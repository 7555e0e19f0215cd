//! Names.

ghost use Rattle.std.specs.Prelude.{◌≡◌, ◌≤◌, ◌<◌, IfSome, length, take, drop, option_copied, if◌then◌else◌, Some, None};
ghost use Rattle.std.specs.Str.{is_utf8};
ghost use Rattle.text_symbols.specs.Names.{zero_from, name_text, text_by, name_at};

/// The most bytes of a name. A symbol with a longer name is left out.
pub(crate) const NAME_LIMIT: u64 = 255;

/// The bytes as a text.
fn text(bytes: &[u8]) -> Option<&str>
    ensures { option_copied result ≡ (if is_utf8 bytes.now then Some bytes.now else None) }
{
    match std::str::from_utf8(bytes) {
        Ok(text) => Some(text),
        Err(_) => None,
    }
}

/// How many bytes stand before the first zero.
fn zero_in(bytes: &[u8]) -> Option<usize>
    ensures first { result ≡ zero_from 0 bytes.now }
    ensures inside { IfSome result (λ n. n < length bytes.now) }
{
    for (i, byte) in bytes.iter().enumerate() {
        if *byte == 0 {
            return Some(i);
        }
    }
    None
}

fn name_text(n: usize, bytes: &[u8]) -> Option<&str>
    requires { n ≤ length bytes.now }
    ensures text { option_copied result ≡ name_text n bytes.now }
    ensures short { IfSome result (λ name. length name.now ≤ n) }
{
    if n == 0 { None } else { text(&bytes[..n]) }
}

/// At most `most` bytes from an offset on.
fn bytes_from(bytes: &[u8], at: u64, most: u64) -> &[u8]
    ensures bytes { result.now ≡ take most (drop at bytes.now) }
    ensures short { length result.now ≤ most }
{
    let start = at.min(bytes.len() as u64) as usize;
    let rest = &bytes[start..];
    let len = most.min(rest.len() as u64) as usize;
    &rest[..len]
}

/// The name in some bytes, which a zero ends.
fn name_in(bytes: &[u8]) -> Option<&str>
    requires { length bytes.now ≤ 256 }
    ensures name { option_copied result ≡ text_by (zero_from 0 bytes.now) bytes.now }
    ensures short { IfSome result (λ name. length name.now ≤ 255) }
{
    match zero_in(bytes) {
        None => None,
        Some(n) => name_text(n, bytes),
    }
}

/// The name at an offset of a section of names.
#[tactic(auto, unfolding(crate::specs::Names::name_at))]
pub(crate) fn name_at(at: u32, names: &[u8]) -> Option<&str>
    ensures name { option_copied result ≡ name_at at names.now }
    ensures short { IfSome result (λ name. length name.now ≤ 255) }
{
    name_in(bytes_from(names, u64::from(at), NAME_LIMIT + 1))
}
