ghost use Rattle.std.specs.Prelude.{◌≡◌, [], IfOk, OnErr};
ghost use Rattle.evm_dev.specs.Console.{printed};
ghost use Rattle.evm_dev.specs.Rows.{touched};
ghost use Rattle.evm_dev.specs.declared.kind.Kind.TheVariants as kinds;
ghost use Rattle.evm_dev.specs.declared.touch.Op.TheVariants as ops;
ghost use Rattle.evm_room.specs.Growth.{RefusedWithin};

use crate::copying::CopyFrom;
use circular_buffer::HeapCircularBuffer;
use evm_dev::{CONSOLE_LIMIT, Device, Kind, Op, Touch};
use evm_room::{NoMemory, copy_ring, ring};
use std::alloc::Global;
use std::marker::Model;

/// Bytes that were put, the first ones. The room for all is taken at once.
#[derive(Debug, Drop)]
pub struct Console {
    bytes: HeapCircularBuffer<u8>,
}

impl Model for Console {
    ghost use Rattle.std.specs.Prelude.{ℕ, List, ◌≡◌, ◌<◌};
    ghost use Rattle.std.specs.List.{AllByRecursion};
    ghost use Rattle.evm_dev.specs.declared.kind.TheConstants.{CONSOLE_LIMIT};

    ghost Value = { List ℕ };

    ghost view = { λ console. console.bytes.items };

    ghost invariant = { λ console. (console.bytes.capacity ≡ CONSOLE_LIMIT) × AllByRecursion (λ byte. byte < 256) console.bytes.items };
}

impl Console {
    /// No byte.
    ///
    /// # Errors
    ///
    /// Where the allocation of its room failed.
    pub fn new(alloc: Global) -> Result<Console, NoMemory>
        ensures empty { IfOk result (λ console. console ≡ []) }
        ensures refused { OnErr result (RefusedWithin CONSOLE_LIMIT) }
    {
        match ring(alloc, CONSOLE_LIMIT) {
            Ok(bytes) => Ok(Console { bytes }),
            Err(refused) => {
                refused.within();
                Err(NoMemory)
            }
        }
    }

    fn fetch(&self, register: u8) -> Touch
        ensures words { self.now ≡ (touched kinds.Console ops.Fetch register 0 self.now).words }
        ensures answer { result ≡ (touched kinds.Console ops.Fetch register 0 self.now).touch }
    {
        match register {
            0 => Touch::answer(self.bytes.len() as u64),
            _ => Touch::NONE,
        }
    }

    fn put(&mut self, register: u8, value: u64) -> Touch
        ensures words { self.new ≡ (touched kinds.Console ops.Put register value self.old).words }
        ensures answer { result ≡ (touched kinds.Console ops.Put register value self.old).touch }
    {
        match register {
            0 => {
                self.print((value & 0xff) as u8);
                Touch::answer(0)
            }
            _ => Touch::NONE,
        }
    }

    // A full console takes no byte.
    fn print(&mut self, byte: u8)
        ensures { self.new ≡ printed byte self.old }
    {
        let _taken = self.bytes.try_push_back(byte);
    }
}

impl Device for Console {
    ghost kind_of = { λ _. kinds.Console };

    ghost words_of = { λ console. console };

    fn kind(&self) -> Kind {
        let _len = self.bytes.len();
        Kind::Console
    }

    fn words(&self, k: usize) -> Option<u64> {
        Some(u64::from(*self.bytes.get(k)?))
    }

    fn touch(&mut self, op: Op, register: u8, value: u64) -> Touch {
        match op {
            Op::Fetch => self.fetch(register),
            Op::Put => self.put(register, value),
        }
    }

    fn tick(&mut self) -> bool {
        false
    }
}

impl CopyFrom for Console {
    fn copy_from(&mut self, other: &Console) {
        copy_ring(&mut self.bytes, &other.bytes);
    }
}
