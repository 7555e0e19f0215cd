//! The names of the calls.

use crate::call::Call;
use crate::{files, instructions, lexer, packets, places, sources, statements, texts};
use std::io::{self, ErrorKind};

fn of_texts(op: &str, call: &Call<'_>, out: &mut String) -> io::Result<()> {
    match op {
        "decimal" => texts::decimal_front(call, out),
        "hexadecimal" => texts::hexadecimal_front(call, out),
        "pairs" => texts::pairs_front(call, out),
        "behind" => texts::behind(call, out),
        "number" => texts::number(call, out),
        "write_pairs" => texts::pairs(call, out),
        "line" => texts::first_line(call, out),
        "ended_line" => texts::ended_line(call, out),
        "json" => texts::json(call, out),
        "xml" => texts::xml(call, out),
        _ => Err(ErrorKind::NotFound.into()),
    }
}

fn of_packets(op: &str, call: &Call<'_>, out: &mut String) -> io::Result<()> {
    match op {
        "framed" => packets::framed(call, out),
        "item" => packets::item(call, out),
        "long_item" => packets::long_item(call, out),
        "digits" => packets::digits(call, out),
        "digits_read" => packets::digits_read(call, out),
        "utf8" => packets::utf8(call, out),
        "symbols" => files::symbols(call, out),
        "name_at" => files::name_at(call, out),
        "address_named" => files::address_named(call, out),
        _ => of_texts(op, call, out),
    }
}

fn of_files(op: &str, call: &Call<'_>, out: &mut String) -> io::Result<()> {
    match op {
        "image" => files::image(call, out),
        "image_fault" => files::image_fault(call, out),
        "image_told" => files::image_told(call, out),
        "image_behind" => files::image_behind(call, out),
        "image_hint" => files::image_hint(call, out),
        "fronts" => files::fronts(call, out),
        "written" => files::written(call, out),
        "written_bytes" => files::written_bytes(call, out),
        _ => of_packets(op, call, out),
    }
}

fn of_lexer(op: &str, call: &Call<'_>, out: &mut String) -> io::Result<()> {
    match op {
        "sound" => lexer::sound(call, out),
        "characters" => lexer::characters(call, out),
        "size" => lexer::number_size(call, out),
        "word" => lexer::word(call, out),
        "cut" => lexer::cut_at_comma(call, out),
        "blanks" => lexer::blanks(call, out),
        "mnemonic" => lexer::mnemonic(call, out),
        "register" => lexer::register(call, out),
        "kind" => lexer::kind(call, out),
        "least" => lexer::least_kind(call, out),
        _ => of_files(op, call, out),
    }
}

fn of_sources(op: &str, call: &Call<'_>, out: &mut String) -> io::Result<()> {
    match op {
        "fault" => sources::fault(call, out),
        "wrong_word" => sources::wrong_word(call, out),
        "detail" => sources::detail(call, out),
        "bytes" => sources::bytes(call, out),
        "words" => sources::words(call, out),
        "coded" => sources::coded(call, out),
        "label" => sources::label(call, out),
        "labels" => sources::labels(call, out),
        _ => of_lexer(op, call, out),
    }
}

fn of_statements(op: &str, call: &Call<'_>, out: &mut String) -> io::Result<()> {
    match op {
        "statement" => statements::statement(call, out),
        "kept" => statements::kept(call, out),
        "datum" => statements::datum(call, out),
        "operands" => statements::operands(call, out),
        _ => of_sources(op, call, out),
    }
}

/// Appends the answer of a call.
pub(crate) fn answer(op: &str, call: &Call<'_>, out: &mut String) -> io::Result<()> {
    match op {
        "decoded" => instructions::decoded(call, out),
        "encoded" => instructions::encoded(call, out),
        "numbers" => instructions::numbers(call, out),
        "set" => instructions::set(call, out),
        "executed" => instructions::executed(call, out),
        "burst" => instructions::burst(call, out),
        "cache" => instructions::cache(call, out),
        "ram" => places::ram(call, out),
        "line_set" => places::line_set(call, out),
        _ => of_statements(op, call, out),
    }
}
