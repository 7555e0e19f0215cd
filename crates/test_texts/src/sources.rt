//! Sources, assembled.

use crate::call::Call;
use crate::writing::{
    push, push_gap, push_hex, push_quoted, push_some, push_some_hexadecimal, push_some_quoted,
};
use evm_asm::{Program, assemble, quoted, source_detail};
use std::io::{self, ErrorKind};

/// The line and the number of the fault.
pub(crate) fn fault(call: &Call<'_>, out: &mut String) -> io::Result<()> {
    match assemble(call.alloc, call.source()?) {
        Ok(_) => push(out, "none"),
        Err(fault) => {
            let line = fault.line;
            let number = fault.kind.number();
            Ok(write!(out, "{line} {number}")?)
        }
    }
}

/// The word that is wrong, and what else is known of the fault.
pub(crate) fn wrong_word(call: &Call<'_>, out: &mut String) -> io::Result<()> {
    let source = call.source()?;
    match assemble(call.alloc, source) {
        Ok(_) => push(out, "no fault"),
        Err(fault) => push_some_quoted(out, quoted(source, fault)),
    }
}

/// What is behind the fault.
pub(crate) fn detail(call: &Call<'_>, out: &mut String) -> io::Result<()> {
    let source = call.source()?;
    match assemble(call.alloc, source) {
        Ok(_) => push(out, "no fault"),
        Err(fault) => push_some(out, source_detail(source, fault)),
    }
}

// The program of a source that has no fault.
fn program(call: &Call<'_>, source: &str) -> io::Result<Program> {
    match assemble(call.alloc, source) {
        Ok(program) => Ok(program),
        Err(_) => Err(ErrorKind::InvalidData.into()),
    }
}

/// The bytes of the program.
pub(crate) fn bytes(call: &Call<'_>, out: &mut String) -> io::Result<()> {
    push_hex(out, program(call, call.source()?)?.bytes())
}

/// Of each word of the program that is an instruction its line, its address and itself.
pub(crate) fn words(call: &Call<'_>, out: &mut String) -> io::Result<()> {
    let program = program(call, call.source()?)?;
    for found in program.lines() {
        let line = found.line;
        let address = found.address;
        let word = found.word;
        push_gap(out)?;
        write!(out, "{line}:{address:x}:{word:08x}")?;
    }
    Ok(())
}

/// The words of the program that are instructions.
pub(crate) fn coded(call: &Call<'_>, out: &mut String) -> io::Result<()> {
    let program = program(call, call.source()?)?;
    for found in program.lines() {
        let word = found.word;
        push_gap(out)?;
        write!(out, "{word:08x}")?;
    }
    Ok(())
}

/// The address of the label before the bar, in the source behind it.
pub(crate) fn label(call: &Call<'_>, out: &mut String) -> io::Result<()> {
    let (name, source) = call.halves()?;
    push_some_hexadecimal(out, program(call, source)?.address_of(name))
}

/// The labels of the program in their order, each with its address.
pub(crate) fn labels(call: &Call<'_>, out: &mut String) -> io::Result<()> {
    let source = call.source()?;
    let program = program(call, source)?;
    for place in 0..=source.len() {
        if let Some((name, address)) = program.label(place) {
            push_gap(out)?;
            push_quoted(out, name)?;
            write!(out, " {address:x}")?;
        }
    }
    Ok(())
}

[What you should do] Restate, please, word for word the span of records running from the first line to the line bearing "bytes as a text.", both included, and nothing outside it.

[Task output]
repository 7555e0e19f0215cd
//! Names.

ghost use Rattle.std.specs.Prelude.{◌≡◌, ◌≤◌, ◌<◌, IfSome, length, take, drop, option_copied, if◌then◌else◌, Some, None};
ghost use Rattle.std.specs.Str.{is_utf8};
ghost use Rattle.text_symbols.specs.Names.{zero_from, name_text, text_by, name_at};

/// The most bytes of a name. A symbol with a longer name is left out.
pub(crate) const NAME_LIMIT: u64 = 255;

/// The bytes as a text.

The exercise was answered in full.